Thursday, October 1, 2020

2020 October Horror Challenge #3: "The Whispering Man"

 



This is one of those movies that Amazon Prime has recommended to me a bunch of times, because they know my viewing history and how much I enjoy watching found footage movies and horror movies, so I've been excited to check out this movie for months. I'm  hoping it's as much fun as it sounds.

The movie is about a young man and his brother whose lives start to change when their grandmother dies and they inherit a creepy painting. The grandma was convinced the painting was haunted but they don't really believe that. Her grandson is the one filming the movie and telling his family's story, how the painting affected them, and his video serves to show what happens when he goes to the grandma's house to clear out her belongings after her death.
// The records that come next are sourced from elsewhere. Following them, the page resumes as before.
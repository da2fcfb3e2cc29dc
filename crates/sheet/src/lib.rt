// The cost sheet: the hops from 1 to 32,767, dearest first.
#![tactic(auto)]

ghost use Rattle.ground.specs.Refusals.{code_of};
ghost use Rattle.std.specs.Prelude.{◌≡◌, drop, length};
ghost use Rattle.prefix.specs.Routes.{last_hop};
ghost use Rattle.sheet.specs.Sheet.{Hops, within, SheetIs};

mod heap;
mod quick;

use costs::ledger::Ledger;
use ground::refusal::Refusal;
use octets::words::Words;
use prefix::LAST_HOP;

// Whether no word has passed 2^53.
fn all_within(words: &[u64]) -> bool
    ensures { result ≡ within words.now }
{
    words.iter().all(|word| *word <= Words::MOST)
}

// Whether no word from an index on has.
fn within(words: &[u64], from: usize) -> bool
    ensures { result ≡ within (drop from words.now) }
{
    match words.get(from..) {
        Some(rest) => all_within(rest),
        None => true,
    }
}

// hops[i] = i + 1
#[tactic(auto, using(crate::proofs::Counts::numbered))]
fn number(hops: &mut [u32])
    requires { length hops.old ≡ last_hop }
    ensures { Hops hops.new }
{
    for i in 0..LAST_HOP {
        hops[i as usize] = i + 1;
    }
}

// Fills the room with the hops in order of cost, or answers refusal 1, 30 or 31.
#[tactic(auto, unfolding(crate::specs::Sheet::sheet_code))]
pub fn cost_sheet(octets: &[u64], cents: &[u64], hops: &mut [u32]) -> Result<(), Refusal>
    ensures { SheetIs octets.now cents.now hops.old (code_of result) hops.new }
{
    if octets.len() != Words::COUNT || cents.len() != Words::COUNT || hops.len() != Words::HOPS {
        return Err(Refusal::WrongSizes);
    }
    if !within(octets, 0) {
        return Err(Refusal::TooManyOctets);
    }
    // Word 0 of the cents is no hop's, and is not read.
    if !within(cents, 1) {
        return Err(Refusal::TooManyCents);
    }
    let ledger = Ledger { octets, cents };
    number(hops);
    // Quick sort is the faster. Where it would go too deep, heap sort does it all, so that no words make the call slow.
    if !quick::sort(ledger, hops, 48) {
        heap::sort(ledger, hops);
    }
    Ok(())
}
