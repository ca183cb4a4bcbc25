ghost use Rattle.std.specs.Prelude.{◌≡◌, ◌≤◌, ◌<◌, ◌-◌, Some, None, length, drop, IfOk, IfErr, IsOk, MatchOption, is_err, min, if◌then◌else◌};
ghost use Rattle.std.specs.Str.{bytes_eq};
ghost use Rattle.rp_io.specs.Causes.{next_count};
ghost use Rattle.rp_io.specs.Reads.{ReadsAt};
ghost use Rattle.rp_io.specs.Memory.{found, found_or_empty, told_count, is_fault};

use crate::{Inputs, ReadFailed};
use rp_text::Raw;

/// Pairs of a name and its file's bytes. Of equal names the first pair counts.
#[derive(Drop)]
pub struct Files {
    pub items: Vec<(Raw, Raw)>,
}

/// Numbers of calls, counted from 0, in any order.
#[derive(Drop)]
pub struct Calls {
    pub items: Vec<u64>,
}

/// Named files in memory, whose reads fail at listed calls.
///
/// A call answers `Fault` where its number is listed or the name is unknown, and never `NoMemory`.
#[derive(Drop)]
pub struct MemInputs {
    pub files: Files,
    /// The numbers of the calls that fail.
    pub failing: Calls,
    /// The one name whose calls are told.
    pub watch: Raw,
    /// The number of calls so far, which is the next call's number.
    pub calls: u64,
    /// The number of calls that failed.
    pub faults: u64,
    /// The number of calls on the name `watch`.
    pub watched: u64,
}

impl MemInputs {
    /// A source of these files.
    pub fn new(files: Files, failing: Calls, watch: Raw) -> Self
        ensures { result ≡ record { files = files; failing = failing; watch = watch; calls = 0; faults = 0; watched = 0 } }
    {
        MemInputs {
            files,
            failing,
            watch,
            calls: 0,
            faults: 0,
            watched: 0,
        }
    }
}

/// The bytes of the first pair of this name.
fn find_file<'a>(files: &'a [(Raw, Raw)], name: &[u8]) -> Option<&'a [u8]>
    ensures { MatchOption result (found files.now name.now ≡ None) (λ bytes. found files.now name.now ≡ Some bytes.now) }
{
    for (title, bytes) in files {
        if title.items.as_slice() == name {
            return Some(bytes.items.as_slice());
        }
    }
    None
}

/// Copies the bytes from a place on, as many as there are and fit.
fn copy_from(whole: &[u8], at: u64, into: &mut [u8]) -> usize
    requires { 0 < length into.old }
    ensures count { result ≡ min (length whole.now - at) (length into.old) }
    ensures bytes { ReadsAt (Some whole.now) at result into.new }
    ensures rest { drop result into.new ≡ drop result into.old }
{
    let start = if at < whole.len() as u64 {
        at as usize
    } else {
        whole.len()
    };
    let count = (whole.len() - start).min(into.len());
    into[..count].copy_from_slice(&whole[start..start + count]);
    count
}

impl Inputs for MemInputs {
    ghost file = { λ s name. found s.files.items.items name };

    ghost faults = { λ s. s.faults };

    ghost asked = { λ s name. told_count s.watch.items.items s.watched name };

    fn read_at(&mut self, name: &str, at: u64, into: &mut [u8]) -> Result<usize, ReadFailed>
        requires room { 0 < length into.old }
        requires place { at ≤ 268435456 }

        // Each failure is a fault: a listed call, or an unknown name.
        ensures fails { is_err result ≡ is_fault self.old.failing.items.items self.old.calls (found self.old.files.items.items name.now) }
        ensures fault { IfErr result (λ e. e ≡ ReadFailed.Fault) }

        // Else all bytes come that the file has there and that fit.
        ensures count { IfOk result (λ n. n ≡ min (length (found_or_empty self.old.files.items.items name.now) - at) (length into.old)) }
        ensures bytes { IfOk result (λ n. ReadsAt (found self.old.files.items.items name.now) at n into.new) }
        ensures rest { IfOk result (λ n. drop n into.new ≡ drop n into.old) }

        // The counts alone change.
        ensures later { self.old.faults ≤ self.new.faults }
        ensures after { self.new ≡ record self.old {
          calls = next_count self.old.calls;
          faults = (if is_err result then next_count self.old.faults else self.old.faults);
          watched = (if bytes_eq self.old.watch.items.items name.now then next_count self.old.watched else self.old.watched);
        } }
    {
        let call = self.calls;
        self.calls = self.calls.saturating_add(1);
        if self.watch.items.as_slice() == name.as_bytes() {
            self.watched = self.watched.saturating_add(1);
        }
        if self.failing.items.contains(&call) {
            self.faults = self.faults.saturating_add(1);
            return Err(ReadFailed::Fault);
        }
        match find_file(&self.files.items, name.as_bytes()) {
            Some(whole) => Ok(copy_from(whole, at, into)),
            None => {
                self.faults = self.faults.saturating_add(1);
                Err(ReadFailed::Fault)
            }
        }
    }
}

/// Named files in memory that are always read. An unknown name is an empty file.
#[derive(Drop)]
pub struct SureInputs {
    pub files: Files,
}

impl SureInputs {
    /// A source of these files.
    pub fn new(files: Files) -> Self
        ensures { result ≡ record { files = files } }
    {
        SureInputs { files }
    }
}

impl Inputs for SureInputs {
    ghost file = { λ s name. Some (found_or_empty s.files.items.items name) };

    ghost faults = { λ s. 0 };

    ghost asked = { λ s name. None };

    fn read_at(&mut self, name: &str, at: u64, into: &mut [u8]) -> Result<usize, ReadFailed>
        requires room { 0 < length into.old }
        requires place { at ≤ 268435456 }
        ensures sure { IsOk result }
        ensures count { IfOk result (λ n. n ≡ min (length (found_or_empty self.old.files.items.items name.now) - at) (length into.old)) }
        ensures bytes { IfOk result (λ n. ReadsAt (Some (found_or_empty self.old.files.items.items name.now)) at n into.new) }
        ensures rest { IfOk result (λ n. drop n into.new ≡ drop n into.old) }
        ensures same { self.new ≡ self.old }
    {
        match find_file(&self.files.items, name.as_bytes()) {
            Some(whole) => Ok(copy_from(whole, at, into)),
            None => Ok(copy_from(&[], at, into)),
        }
    }
}
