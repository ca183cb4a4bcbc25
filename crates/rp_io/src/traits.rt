ghost use Rattle.std.specs.Prelude.{◌≡◌, ◌<◌, ◌≤◌, List, ℕ, Option, length, take, drop, IfOk, OnErr, IsErrOf};
ghost use Rattle.rp_io.specs.Causes.{Rose, StaysCount, HasCause, Wrote};
ghost use Rattle.rp_io.specs.Reads.{Asks, ReadsAt};

/// A sink took nothing.
#[derive(Clone, Copy, Debug, PartialEq, Eq)]
pub struct Failed;

/// Why a source gave no answer.
#[derive(Clone, Copy, Debug, PartialEq, Eq)]
pub enum ReadFailed {
    /// The source failed and counted it.
    Fault,
    /// The source found no memory for its own work.
    NoMemory,
}

/// Named files, read piece by piece.
///
/// A name is any text. Whether a meaning is told never changes, and neither does a file that is.
pub trait Inputs {
    /// The bytes of the file of a name, where they are told.
    ghost file: { Self → List ℕ → Option (List ℕ) };

    /// How often a call failed: a u64 that stays at its last value once it is there.
    ghost faults: { Self → ℕ };

    /// How often a name was asked, where it is told: a u64 as well.
    ghost asked: { Self → List ℕ → Option ℕ };

    /// Reads bytes of the named file from place `at` on, counted in bytes from 0, into the front of
    /// `into`, and answers how many. Fewer than fit can come before the file's end; none come at its
    /// end or past it.
    ///
    /// `Fault` comes only where the count of faults rose, `NoMemory` at any time. What `into` holds
    /// after either isn't said.
    fn read_at(&mut self, name: &str, at: u64, into: &mut [u8]) -> Result<usize, ReadFailed>
        requires room { 0 < length into.old }
        requires place { at ≤ 268435456 }
        ensures files { file self.new ≡ file self.old }
        ensures asked { Asks (asked self.old) (asked self.new) name.now }

        ensures bound { IfOk result (λ n. n ≤ length into.old) }
        ensures bytes { IfOk result (λ n. ReadsAt (file self.old name.now) at n into.new) }
        ensures rest { IfOk result (λ n. drop n into.new ≡ drop n into.old) }

        ensures later { faults self.old ≤ faults self.new }
        ensures stays { StaysCount (faults self.old) (faults self.new) }
        ensures fault { IsErrOf result ReadFailed.Fault → Rose (faults self.old) (faults self.new) };
}

/// A taker of bytes.
///
/// Whether what was written is told never changes.
pub trait Sink {
    /// The bytes taken so far, where they are told.
    ghost written: { Self → Option (List ℕ) };

    /// How often a call failed: a u64 that stays at its last value once it is there.
    ghost faults: { Self → ℕ };

    /// Takes bytes from the front of `piece`, one at least, and answers how many. `Failed` says that
    /// none was taken, and comes only where the count of faults rose.
    fn put(&mut self, piece: &[u8]) -> Result<usize, Failed>
        requires { 0 < length piece.now }
        ensures some { IfOk result (λ n. 0 < n) }
        ensures bound { IfOk result (λ n. n ≤ length piece.now) }
        ensures took { IfOk result (λ n. Wrote (written self.old) (written self.new) (take n piece.now)) }

        ensures nothing { OnErr result (written self.new ≡ written self.old) }
        ensures cause { HasCause (faults self.old) (faults self.new) result }
        ensures stays { StaysCount (faults self.old) (faults self.new) };
}
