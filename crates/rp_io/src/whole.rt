ghost use Rattle.std.specs.Prelude.{◌≡◌, ◌<◌, ◌≤◌, length, IfOk, OnOk, OnErr, IsErrOf, is_some, ◌+◌};
ghost use Rattle.rp_io.specs.declared.whole.ReadRefusal.TheVariants.{NoMemory};
ghost use Rattle.rp_io.specs.Causes.{Rose, StaysCount, HasCause, Wrote, WrotePrefix};
ghost use Rattle.rp_io.specs.Reads.{Asks, AsksAlone, IsFile, IsLonger, ReadsAt};

use crate::{Inputs, ReadFailed, Sink};
use std::alloc::{AllocError, Global};

/// Why a file wasn't read whole.
#[derive(Clone, Copy, Debug, PartialEq, Eq)]
pub enum ReadRefusal {
    /// The source failed and counted it.
    ReadFault,
    /// The file has more bytes than the limit.
    TooLong,
    /// There was no memory for the file, or the source found none.
    NoMemory,
}

impl From<AllocError> for ReadRefusal {
    ghost from_gives = { λ _ e. e ≡ NoMemory };

    fn from(_: AllocError) -> Self {
        ReadRefusal::NoMemory
    }
}

impl From<ReadFailed> for ReadRefusal {
    ghost use Rattle.rp_io.specs.Reads.{refusal_of};

    ghost from_gives = { λ failed e. e ≡ refusal_of failed };

    fn from(failed: ReadFailed) -> Self {
        match failed {
            ReadFailed::Fault => ReadRefusal::ReadFault,
            ReadFailed::NoMemory => ReadRefusal::NoMemory,
        }
    }
}

/// A sink failed before it had taken all bytes.
#[derive(Clone, Copy, Debug, PartialEq, Eq)]
pub struct WriteFault;

/// How many bytes are asked of a source at once.
pub(crate) const CHUNK: usize = 65_536;

fn buffer(alloc: Global) -> Result<Vec<u8>, AllocError>
    ensures { IfOk result (λ v. 0 < length v.items) }
{
    vec![in alloc; 0u8; CHUNK]
}

/// Asks a source for the next piece of a file, of which no more than this many bytes may be asked
/// for in all.
fn ask<I: Inputs>(
    inputs: &mut I,
    name: &str,
    at: u64,
    most: u64,
    into: &mut [u8],
) -> Result<usize, ReadRefusal>
    requires room { 0 < length into.old }
    requires most { most ≤ 268435457 }
    requires within { at + length into.old ≤ most }
    ensures files { I.file inputs.new ≡ I.file inputs.old }
    ensures asked { Asks (I.asked inputs.old) (I.asked inputs.new) name.now }
    ensures bound { IfOk result (λ n. n ≤ length into.old) }
    ensures bytes { IfOk result (λ n. ReadsAt (I.file inputs.old name.now) at n into.new) }
    ensures later { I.faults inputs.old ≤ I.faults inputs.new }
    ensures stays { StaysCount (I.faults inputs.old) (I.faults inputs.new) }
    ensures fault { IsErrOf result ReadRefusal.ReadFault → Rose (I.faults inputs.old) (I.faults inputs.new) }
    ensures long { IsErrOf result ReadRefusal.TooLong → ⊥ }
{
    match inputs.read_at(name, at, into) {
        Ok(count) => Ok(count),
        Err(failed) => Err(ReadRefusal::from(failed)),
    }
}

/// Reads the file of this name from its first byte to its end. The limit is in bytes.
///
/// `TooLong` comes as soon as one byte more than the limit was read, and no byte behind that one is
/// asked for. It must come where the file is longer and the source met no fault, want of memory
/// aside, since no other answer may. Memory for the file is taken as its bytes come.
#[tactic(auto, using(crate::proofs::Counts::told_still))]
pub fn read_whole<I: Inputs>(
    alloc: Global,
    inputs: &mut I,
    name: &str,
    limit: u64,
) -> Result<Vec<u8>, ReadRefusal>
    requires { limit ≤ 268435456 }
    ensures files { I.file inputs.new ≡ I.file inputs.old }
    ensures asked { AsksAlone (I.asked inputs.old) (I.asked inputs.new) name.now }
    ensures told { is_some (I.asked inputs.new name.now) ≡ is_some (I.asked inputs.old name.now) }

    ensures whole { IfOk result (λ v. IsFile (I.file inputs.old name.now) v.items) }
    ensures within { IfOk result (λ v. length v.items ≤ limit) }
    ensures long { IsErrOf result ReadRefusal.TooLong → IsLonger (I.file inputs.old name.now) limit }

    ensures later { I.faults inputs.old ≤ I.faults inputs.new }
    ensures stays { StaysCount (I.faults inputs.old) (I.faults inputs.new) }
    ensures fault { IsErrOf result ReadRefusal.ReadFault → Rose (I.faults inputs.old) (I.faults inputs.new) }
{
    let mut room = buffer(alloc)?;
    let chunk = room.as_mut_slice();
    let mut bytes = Vec::new(alloc);
    'pieces: loop {
        let at = bytes.len() as u64;
        let wanted = (limit + 1 - at).min(chunk.len() as u64) as usize;
        let piece = &mut chunk[..wanted];
        let count = ask(inputs, name, at, limit + 1, piece)?;
        if count == 0 {
            return Ok(bytes);
        }
        if (bytes.len() + count) as u64 > limit {
            return Err(ReadRefusal::TooLong);
        }
        bytes.extend_from_slice(&piece[..count])?;
    }
}

/// Hands all bytes to a sink, and what a short `put` left again. It takes no memory.
///
/// After `WriteFault` the sink has taken a prefix of the bytes. Without bytes the sink isn't asked.
pub fn put_all<S: Sink>(sink: &mut S, bytes: &[u8]) -> Result<(), WriteFault>
    ensures all { OnOk result (Wrote (S.written sink.old) (S.written sink.new) bytes.now) }
    ensures front { OnErr result (WrotePrefix (S.written sink.old) (S.written sink.new) bytes.now) }
    ensures cause { HasCause (S.faults sink.old) (S.faults sink.new) result }
    ensures stays { StaysCount (S.faults sink.old) (S.faults sink.new) }
{
    let mut rest = bytes;
    'pieces: while !rest.is_empty() {
        match sink.put(rest) {
            Ok(count) => rest = rest.split_at(count).1,
            Err(_) => return Err(WriteFault),
        }
    }
    Ok(())
}
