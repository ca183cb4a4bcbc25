//! Where bytes come from and where they go: sources and sinks that count their faults.
//!
//! Code that reads and writes is generic over `Inputs` and `Sink`. Contracts speak of a source by
//! what its files hold, how often it failed and how often a name was asked, and of a sink by what
//! was written and how often it failed. An error is tied to such a count, so code that answers one
//! without a fault behind it isn't proved.
//!
//! The forms in memory tell all of this. The forms over the machine's files, standard output and
//! standard error tell no content.
#![tactic(auto)]

mod files;
mod memory;
mod sinks;
mod traits;
mod whole;

pub use files::FileInputs;
pub use memory::{Calls, Files, MemInputs, SureInputs};
pub use sinks::{CountSink, MemSink, StdSink};
pub use traits::{Failed, Inputs, ReadFailed, Sink};
pub use whole::{ReadRefusal, WriteFault, put_all, read_whole};
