ghost use Rattle.std.specs.Prelude.{◌≡◌, ◌≤◌, ◌<◌, None, length, drop, IfOk, if◌then◌else◌};
ghost use Rattle.rp_io.specs.Causes.{next_count};
ghost use Rattle.rp_io.specs.Reads.{is_fault_answer};

use crate::whole::CHUNK;
use crate::{Inputs, ReadFailed};
use std::io::{ErrorKind, Read, Seek, SeekFrom};
use std::{fs, io};

/// A file that is being read, and the place that the next read begins at.
#[derive(Drop)]
struct Reading<F: Drop> {
    name: String,
    file: F,
    at: u64,
}

/// The machine's files, by their paths. It tells no content and no names.
///
/// A file is opened at its first byte and read on as long as it is asked for from where the last
/// read ended, so what can be read but once, as a pipe, is read whole. A read from another place,
/// or of another name, opens the file anew. Each error is a fault but want of memory, which is
/// `NoMemory`. A call gives up to 65,536 bytes.
#[derive(Drop)]
pub struct FileInputs<R: fs::Files + AllocGlobal + Drop> {
    rt: R,
    /// A reader says nothing of the bytes behind those it read, so it has a buffer of its own.
    buffer: Vec<u8>,
    reading: Option<Reading<R::File>>,
    /// The number of calls that failed.
    pub faults: u64,
}

impl<R: fs::Files + AllocGlobal + Drop> FileInputs<R> {
    /// A source over the runtime that `main` is given. It takes its memory at the first read.
    pub fn new(rt: R) -> Self
        ensures { result.faults ≡ 0 }
    {
        let buffer = Vec::new(rt.alloc());
        FileInputs {
            rt,
            buffer,
            reading: None,
            faults: 0,
        }
    }

    /// Reads up to so many bytes into the front of the buffer.
    fn read_own(&mut self, name: &str, at: u64, most: usize) -> io::Result<usize>
        ensures count { IfOk result (λ n. n ≤ length self.new.buffer.items) }
        ensures faults { self.new.faults ≡ self.old.faults }
    {
        self.buffer.resize(CHUNK, 0)?;
        let mut reading = match self.reading.take() {
            Some(reading) if reading.at == at && reading.name.as_str() == name => reading,
            _ => self.open(name, at)?,
        };
        let wanted = most.min(CHUNK);
        let count = reading.file.read(&mut self.buffer[..wanted])?;
        reading.at = at.saturating_add(count as u64);
        self.reading = Some(reading);
        Ok(count)
    }

    /// Opens a file to be read from a place on.
    fn open(&self, name: &str, at: u64) -> io::Result<Reading<R::File>> {
        let mut file = fs::open(&self.rt, name)?;
        if at > 0 {
            file.seek(SeekFrom::Start(at))?;
        }
        Ok(Reading {
            name: String::from_str(self.rt.alloc(), name)?,
            file,
            at,
        })
    }
}

/// Puts the first bytes of one buffer over those of another, as many as fit.
fn copy_front(own: &[u8], count: usize, into: &mut [u8]) -> usize
    requires { count ≤ length own.now }
    ensures bound { result ≤ length into.old }
    ensures rest { drop result into.new ≡ drop result into.old }
{
    let count = count.min(into.len());
    into[..count].copy_from_slice(&own[..count]);
    count
}

impl<R: fs::Files + AllocGlobal + Drop> Inputs for FileInputs<R> {
    ghost file = { λ s name. None };

    ghost faults = { λ s. s.faults };

    ghost asked = { λ s name. None };

    fn read_at(&mut self, name: &str, at: u64, into: &mut [u8]) -> Result<usize, ReadFailed>
        requires room { 0 < length into.old }
        requires place { at ≤ 268435456 }
        ensures bound { IfOk result (λ n. n ≤ length into.old) }
        ensures rest { IfOk result (λ n. drop n into.new ≡ drop n into.old) }
        ensures later { self.old.faults ≤ self.new.faults }
        ensures faults { self.new.faults ≡ (if is_fault_answer result then next_count self.old.faults else self.old.faults) }
    {
        match self.read_own(name, at, into.len()) {
            Ok(count) => Ok(copy_front(&self.buffer, count, into)),
            Err(error) => {
                if error.kind() == ErrorKind::OutOfMemory {
                    return Err(ReadFailed::NoMemory);
                }
                self.faults = self.faults.saturating_add(1);
                Err(ReadFailed::Fault)
            }
        }
    }
}
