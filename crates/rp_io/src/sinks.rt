ghost use Rattle.std.specs.Prelude.{◌≡◌, ◌≤◌, ◌<◌, ◌+◌, ◌-◌, ◌++◌, [], min, Some, None, Ok, IfOk, OnErr, is_err, take, length, if◌then◌else◌, vec_capacity};
ghost use Rattle.rp_io.specs.Causes.{last_count, next_count};
ghost use Rattle.rp_io.specs.Sinks.{fails, room_left};

use crate::{Calls, Failed, Sink};
use rp_text::{NoMemory, Raw};
use std::alloc::Global;
use std::io::Write;

/// A sink in memory that takes a few bytes a call and fails at listed calls.
///
/// A call fails where its number is listed or all of the room is taken. It takes no memory.
#[derive(Drop)]
pub struct MemSink {
    /// The bytes taken so far.
    pub bytes: Raw,
    /// How many bytes are taken in all.
    pub room: usize,
    /// How many bytes one call takes at most.
    pub chunk: usize,
    /// The numbers of the calls that fail.
    pub failing: Calls,
    /// The number of calls so far, which is the next call's number.
    pub calls: u64,
    /// The number of calls that failed.
    pub faults: u64,
    pub ghost fits: { room ≤ vec_capacity bytes.items },
    pub ghost takes: { 1 ≤ chunk },
}

impl MemSink {
    /// A sink without bytes. It takes the memory for all of its room.
    pub fn new(alloc: Global, room: usize, chunk: usize, failing: Calls) -> Result<Self, NoMemory>
        requires { 1 ≤ chunk }
        ensures empty { IfOk result (λ s. s.bytes.items.items ≡ []) }
        ensures given { IfOk result (λ s. (s.room ≡ room) × (s.chunk ≡ chunk) × (s.failing ≡ failing)) }
        ensures counts { IfOk result (λ s. (s.calls ≡ 0) × (s.faults ≡ 0)) }
    {
        let bytes = Raw {
            items: Vec::with_capacity(alloc, room)?,
        };
        Ok(MemSink {
            bytes,
            room,
            chunk,
            failing,
            calls: 0,
            faults: 0,
        })
    }
}

impl Sink for MemSink {
    ghost written = { λ s. Some s.bytes.items.items };

    ghost faults = { λ s. s.faults };

    fn put(&mut self, piece: &[u8]) -> Result<usize, Failed>
        requires { 0 < length piece.now }

        ensures fails { is_err result ≡ fails self.old.failing.items.items self.old.calls self.old.room self.old.bytes.items.items }
        ensures count { IfOk result (λ n. n ≡ min (min (length piece.now) self.old.chunk) (room_left self.old.room self.old.bytes.items.items)) }
        ensures took { IfOk result (λ n. self.new.bytes.items.items ≡ self.old.bytes.items.items ++ take n piece.now) }
        ensures nothing { OnErr result (self.new.bytes.items.items ≡ self.old.bytes.items.items) }

        ensures calls { self.new.calls ≡ next_count self.old.calls }
        ensures later { self.old.faults ≤ self.new.faults }
        ensures faults { self.new.faults ≡ (if is_err result then next_count self.old.faults else self.old.faults) }
        ensures kept { (self.new.room ≡ self.old.room) × (self.new.chunk ≡ self.old.chunk) × (self.new.failing ≡ self.old.failing) }
    {
        let call = self.calls;
        self.calls = self.calls.saturating_add(1);
        let left = self.room.saturating_sub(self.bytes.items.len());
        if self.failing.items.contains(&call) || left == 0 {
            self.faults = self.faults.saturating_add(1);
            return Err(Failed);
        }
        let count = piece.len().min(self.chunk).min(left);
        match self.bytes.items.extend_from_slice(piece.split_at(count).0) {
            Ok(()) => Ok(count),
            Err(_) => unreachable!(),
        }
    }
}

/// A sink that takes every piece whole and keeps the number of bytes alone.
#[derive(Default, Drop)]
pub struct CountSink {
    /// The number of bytes taken so far.
    pub taken: u64,
}

impl CountSink {
    /// A sink that has taken nothing.
    pub fn new() -> Self
        ensures { result.taken ≡ 0 }
    {
        CountSink { taken: 0 }
    }
}

impl Sink for CountSink {
    ghost written = { λ s. None };

    ghost faults = { λ s. 0 };

    fn put(&mut self, piece: &[u8]) -> Result<usize, Failed>
        requires { 0 < length piece.now }
        ensures whole { result ≡ Ok (length piece.now) }
        ensures taken { self.new.taken ≡ min (self.old.taken + length piece.now) last_count }
    {
        self.taken = self.taken.saturating_add(piece.len() as u64);
        Ok(piece.len())
    }
}

/// A writer as a sink, such as standard output or standard error. It tells no content.
///
/// Whatever fails in the writer is a fault, want of memory too, and so is a call that takes nothing.
#[derive(Drop)]
pub struct StdSink<W: Write + Drop> {
    writer: W,
    /// The number of calls that failed.
    pub faults: u64,
}

impl<W: Write + Drop> StdSink<W> {
    /// A sink over this writer.
    pub fn new(writer: W) -> Self
        ensures { result.faults ≡ 0 }
    {
        StdSink { writer, faults: 0 }
    }
}

impl<W: Write + Drop> Sink for StdSink<W> {
    ghost written = { λ s. None };

    ghost faults = { λ s. s.faults };

    fn put(&mut self, piece: &[u8]) -> Result<usize, Failed>
        requires { 0 < length piece.now }
        ensures some { IfOk result (λ n. 0 < n) }
        ensures bound { IfOk result (λ n. n ≤ length piece.now) }
        ensures later { self.old.faults ≤ self.new.faults }
        ensures faults { self.new.faults ≡ (if is_err result then next_count self.old.faults else self.old.faults) }
    {
        match self.writer.write(piece) {
            Ok(count) if count > 0 => Ok(count),
            _ => {
                self.faults = self.faults.saturating_add(1);
                Err(Failed)
            }
        }
    }
}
People in these movies never want to believe that ghosts and hsuntings are real, even after truckloads of creepy things happen. Here, they're not in the house ten minutes before scary stuff starts happening,  and still they're like "duh, what made that noise? Let's go into the dark, terrifying attic to investigate." The painting is genuinely spooky, though, and no way would I be hanging that thing in my house. Seriously dude. One of the brothers is more skeptical than the other, but they both notice strange things happening (a radio keeps turning on by itself) so they finally install cameras hoping to catch footage of something. 

One problem with movies like this is that they have lots of long scenes where nothing happens, in order to set us up for a finale where something does happen, and it's shocking because of the uneventful footage that came before. Unfortunately,  the scenes where nothing happens can get really boring. The acting isn't always the greatest either, and some of the dialog is really clunky, which doesn't help matters. 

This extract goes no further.